Se me ha puesto que tendrá fiel cumplimiento el sueño de aquella noche.

Oh! Hijita mía! Disparates y nada más que eso!

No papá. Se me figura que ya va a salir a la plaza el toro negro que vi en sueños, y que se precipitará a exterminarme!

Por favor, lléveme a casa!

Pero por qué tan nerviosa, hija mía? Serénate y pon atención en la fiesta que está animada como ningún año. Fíjate que bien torean al mulato que se halla en la plaza. Hombre! Y que bravo!

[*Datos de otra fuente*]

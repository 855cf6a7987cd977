// A table of files with what Read answers of each. A line of the input is a name, the length of the file, and its bytes
// in hexadecimal up to the last one that is not zero; a line of the output is the name and the answer.
#![tactic(auto)]

use anyhow::Context;
use std::alloc::Global;
use ticket::ticket::Ticket;

// The value of a hexadecimal digit. By hand, since the library's `to_digit` takes capitals too.
fn digit(byte: u8) -> Option<u8> {
    match byte {
        b'0'..=b'9' => Some(byte - b'0'),
        b'a'..=b'f' => Some(byte - b'a' + 10),
        _ => None,
    }
}

// The bytes that a text of hexadecimal digits stands for, filled up with zeros.
fn bytes_of(alloc: Global, text: &str, length: usize) -> anyhow::Result<Vec<u8>> {
    let mut bytes = Vec::new(alloc);
    for pair in text.as_bytes().chunks_exact(2) {
        let high = digit(pair[0]).context("not a hexadecimal digit")?;
        let low = digit(pair[1]).context("not a hexadecimal digit")?;
        bytes.push((high & 15) * 16 + (low & 15))?;
    }
    bytes.resize(length.max(bytes.len()), 0)?;
    Ok(bytes)
}

fn answer(rt: &HostRuntime, ticket: &mut Ticket, line: &str) -> anyhow::Result<()> {
    let mut parts = line.split(' ');
    let name = parts.next().context("no name")?;
    let length = parts.next().context("no length")?;
    let text = parts.next().unwrap_or("");
    let bytes = bytes_of(rt.alloc(), text, length.parse::<usize>()?)?;
    match ticket.read(bytes.as_slice()) {
        Ok(()) => {
            let n = ticket.conditions();
            let terms = ticket.terms().len();
            let steps = ticket.steps().len();
            println!(rt; "{name} conditions {n} terms {terms} steps {steps}")?;
        }
        Err(refusal) => println!(rt; "{name} {refusal}")?,
    }
    Ok(())
}

fn run(rt: &HostRuntime) -> anyhow::Result<()> {
    let mut ticket = Ticket::new(rt.alloc())?;
    for line in rt.lines(rt.alloc()) {
        answer(rt, &mut ticket, line?.as_str())?;
    }
    Ok(())
}

fn main(rt: HostRuntime) -> anyhow::Result<()> {
    run(&rt)
}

No diga eso papá! No quiero ver! Tengo como un presentimiento que me estruja el corazón! Vamos!

En ese instante los gritos y silbos del pueblo, anunciaron que otro toro se lanzaba a la plaza. En efecto, un toro de piel negrísima y lustrosa, con la frente blanca entró al campo de la lidia, bufando de furia y echando espuma por el hocico. De vez en cuando alzaba su poderosa cornamenta y dirigía sus encendidos ojos por todos los tablados y embarrerados.

Este es el toro! gritó entonces Bella Aurora con, los ojos desorbitados de miedo cayó sin aliento en brazos de su padre, que se apresuró a protegerla.

El accidente alarmó visiblemente a los familiares de la muchacha y resolvieron conducirla a su mansión para tranquilizarla.

Tan pronto como bella aurora llegó a su casa, acostóse en su regio lecho, para recibir fricciones de colonias y esencias que estimularan acción de su decaído sistema nervioso.

Mientras tanto, en la plaza el toro continuaba como buscando a alguien en las barreras. Por más que los diestros toreros le provocaban para que embista, metiéndole en el hocico los ponchos de encendidos colores, el animal furioso sacudía su testuz y seguía en su misteriosa búsqueda sin acometer a nadie.

De repente, cansado de su rara actitud, saltó con asombro de todos por encima de la barrera y se dirigió apresurado a la casa 1028. Llegó y rompiendo la puerta de calle que estaba asegurada con tranca y llave, subió por las gradas de piedra hasta llegar al corredor. Olfateó abriendo sus negras y espumosas narices y luego sin vacilar se encaminó con paso lento a la alcoba de la niña. Bella Aurora abrió en ese instante los ojos y cuando pálida de terror quiso levantarse para huir, el toro se precipitó sobre ella y hundió ferozmente sus afiladas astas en su delicado cuerpo. Después, salió y desapareció por las calles de Quito, dejando muerta a Bella Aurora, cuya faz aureolada de sedas y armiños, delataba una extraña tristeza, a la que daba un trágico relieve, un hilo de sangre que se escapaba de su corazón yerto, por encima de sus lujosos vestidos y rutilantes joyas.